Nos primeiros dias de abril, três meses após o primeiro caso confirmado de Covid-19 no Japão, Armando*, paulistano de 41 anos, ouviu pela primeira vez a palavra “corona” na fábrica onde trabalha, na província de Aichi.
“É hora de se cuidar para não atrapalhar a linha de produção”, disse o supervisor japonês da unidade. “O ideal é ir de casa para a fábrica, da fábrica para a casa”, orientou.
Depois, por volta do dia 9, Armando, recebeu um folheto ilustrado com instruções para higienizar as mãos e usar máscaras na usina, que produz peças para megamontadoras japonesas como Toyota, Suzuki e Daihatsu. A fábrica não fornece máscaras aos operários, mas recentemente instalou um ponto de álcool spray na área dos vestiários. Até 17 de abril, o país registrou mais de 9.000 casos e 160 mortes (não há dados divididos por imigrantes e japoneses).
“Antes ninguém tocava no assunto. A fábrica estava a todo vapor, como se não estivesse acontecendo nada lá fora. Só agora o pessoal está acordando para a realidade da pandemia”, diz Armando, um dos milhares de trabalhadores imigrantes de Aichi, que concentra o maior número de residentes brasileiros (52.919, segundo dados do Ministério da Justiça do Japão de 2018).

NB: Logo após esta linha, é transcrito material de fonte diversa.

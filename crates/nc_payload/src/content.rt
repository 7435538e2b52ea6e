//! What an element says of its data node, which is read once.
ghost use Rattle.std.specs.Prelude.{◌≡◌, if◌then◌else◌, None, IfOk};
ghost use Rattle.nc_schema.specs.Kinds as kinds;
ghost use Rattle.nc_protocol.specs.Elements as meant;
ghost use Rattle.nc_protocol.specs.Payload.{reading_of};
ghost use Rattle.nc_payload.specs.inner.Reads.{content_of, meaning};

use crate::elements::{Named, step_of, value_in};
use nc_names::{Memory, Step, Text};
use nc_protocol::Under;
use nc_schema::Schema;
use std::alloc::Global;

/// What an element says of its data node: the last step of the path to it, and at a leaf or a leaf-list
/// entry its value, where that has a valid reading.
#[derive(Drop)]
pub(crate) struct Content {
    pub step: Step,
    pub value: Option<Text>,
}

fn value_of(alloc: Global, schema: &Schema, named: Named<'_>) -> Result<Option<Text>, Memory>
    ensures { IfOk result (λ it. it ≡
        (if kinds.has_value named.entry.node.now.kind then meant.value_in (reading_of schema.now)
        (meaning named.entry) else None)) }
{
    if named.node.kind.has_value() {
        return value_in(alloc, schema, named);
    }
    Ok(None)
}

/// Reads what an element says of its data node.
pub(crate) fn read_content(
    alloc: Global,
    schema: &Schema,
    under: Under,
    named: Named<'_>,
) -> Result<Content, Memory>
    ensures { IfOk result (λ it. it ≡ content_of (reading_of schema.now) under (meaning named.entry)) }
{
    Ok(Content {
        step: step_of(alloc, schema, under, named)?,
        value: value_of(alloc, schema, named)?,
    })
}
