//! The header of a device's store.
ghost use Rattle.std.specs.Prelude.{◌≡◌, ◌<◌, ◌≤◌, ◌^◌, ◌++◌, ◌∷◌, [], length, map, IfOk};
ghost use Rattle.std.specs.List.{All, flat_map};
ghost use Rattle.nc_journal.specs.Format.{number};
ghost use Rattle.nc_journal.specs.Header.{counted, short_number};
ghost use Rattle.nc_yang.specs.Texts.{module_limit, text_limit};
ghost use Rattle.nc_device.specs.Header as meant;

use nc_names::{Bytes, Copies, Many, Memory, Text};
use nc_yang::ModuleText;
use std::alloc::Global;

// Adds a number in four bytes.
#[tactic(auto, unfolding(nc_journal::specs::Header::short_number))]
fn push_short(header: &mut Bytes, number: u32) -> Result<(), Memory>
    ensures { IfOk result (λ _. header.new ≡ header.old ++ short_number number) }
{
    header.push_slice(&number.to_be_bytes())
}

// Adds a number in eight bytes.
#[tactic(auto, unfolding(nc_journal::specs::Format::number))]
fn push_number(header: &mut Bytes, count: u64) -> Result<(), Memory>
    ensures { IfOk result (λ _. header.new ≡ header.old ++ number count) }
{
    header.push_slice(&count.to_be_bytes())
}

// Adds the number of modules.
fn push_count(header: &mut Bytes, modules: &[ModuleText]) -> Result<(), Memory>
    requires { length modules.now ≤ module_limit }
    ensures { IfOk result (λ _. header.new ≡ header.old ++ short_number (length modules.now)) }
{
    push_short(header, modules.len() as u32)
}

// Adds the text of a module, with its length before it.
fn push_text(header: &mut Bytes, text: &ModuleText) -> Result<(), Memory>
    requires { length text.now.bytes ≤ text_limit }
    ensures { IfOk result (λ _. header.new ≡ header.old ++ counted text.now.bytes) }
{
    push_short(header, text.bytes.len() as u32)?;
    header.push_slice(text.bytes.as_slice())
}

// Adds the texts of modules.
fn push_texts(header: &mut Bytes, modules: &[ModuleText]) -> Result<(), Memory>
    requires { All (λ text. length text.bytes ≤ text_limit) modules.now }
    ensures { IfOk result (λ _. header.new
        ≡ header.old ++ flat_map (λ text. counted text.bytes) modules.now) }
{
    for text in modules {
        push_text(header, text)?;
    }
    Ok(())
}

// The names in the order of their bytes, each once.
fn in_order(features: &Many<Text>) -> Result<Many<Text>, Memory>
    ensures { IfOk result (meant.AreInOrder features.now) }
{
    let mut names = features.copy()?.into_vec();
    names.sort_unstable();
    names.dedup();
    Ok(Many::from_vec(names))
}

// Each name on a line.
fn lines(alloc: Global, names: &Many<Text>) -> Result<Bytes, Memory>
    ensures { IfOk result (λ it. it ≡ flat_map meant.line names.now) }
{
    let mut text = Bytes::new(alloc);
    for name in names.as_slice() {
        text.push_slice(name.as_str().as_bytes())?;
        text.push(b'\n')?;
    }
    Ok(text)
}

// Adds a text with its length before it.
fn push_lines(header: &mut Bytes, text: &[u8]) -> Result<(), Memory>
    ensures written { IfOk result (λ _. header.new ≡ header.old ++ (number (length text.now) ++ text.now)) }
    ensures fits { length text.now < 2 ^ 64 }
{
    push_number(header, text.len() as u64)?;
    header.push_slice(text)
}

/// The header of the store of a device: the texts of its modules, and its features, sorted and each once, a
/// line for each. By it the next start knows that it reads the file with the schema that wrote it.
pub(crate) fn header_of(
    alloc: Global,
    modules: &Many<ModuleText>,
    features: &Many<Text>,
) -> Result<Bytes, Memory>
    requires few { length modules.now ≤ module_limit }
    requires small { All (λ text. length text.bytes ≤ text_limit) modules.now }
    ensures { IfOk result (meant.IsStoreHeader modules.now features.now) }
{
    let names = in_order(features)?;
    let text = lines(alloc, &names)?;
    let texts = modules.as_slice();
    let mut header = Bytes::new(alloc);
    push_count(&mut header, texts)?;
    push_texts(&mut header, texts)?;
    push_lines(&mut header, text.as_slice())?;
    Ok(header)
}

Além de brasileiros dekasseguis (descendentes de japoneses que migram para trabalhar temporariamente no país), a indústria japonesa emprega contingentes de chineses, coreanos, filipinos e vietnamitas.
Enquanto no Brasil se instaurou uma discussão sobre parar ou não a economia diante das diretrizes de isolamento, no Japão não foi imposto lockdown. Em 25 de março, o presidente Jair Bolsonaro compartilhou no Twitter um vídeo de um brasileiro em um parque de Tóquio, destacando a “normalidade” da vida japonesa apesar do vírus, a fim de criticar a quarentena, que é recomendada pela OMS (Organização Mundial da Saúde) e por autoridades de diversos países.
Estado de emergência
Em 24 de março, porém, após o adiamento da Olimpíada de Tóquio para 2021, o arquipélago registrou recordes de novos casos por dia, levando políticos, empresários e especialistas japoneses a pressionar por medidas mais rigorosas no combate à Covid-19.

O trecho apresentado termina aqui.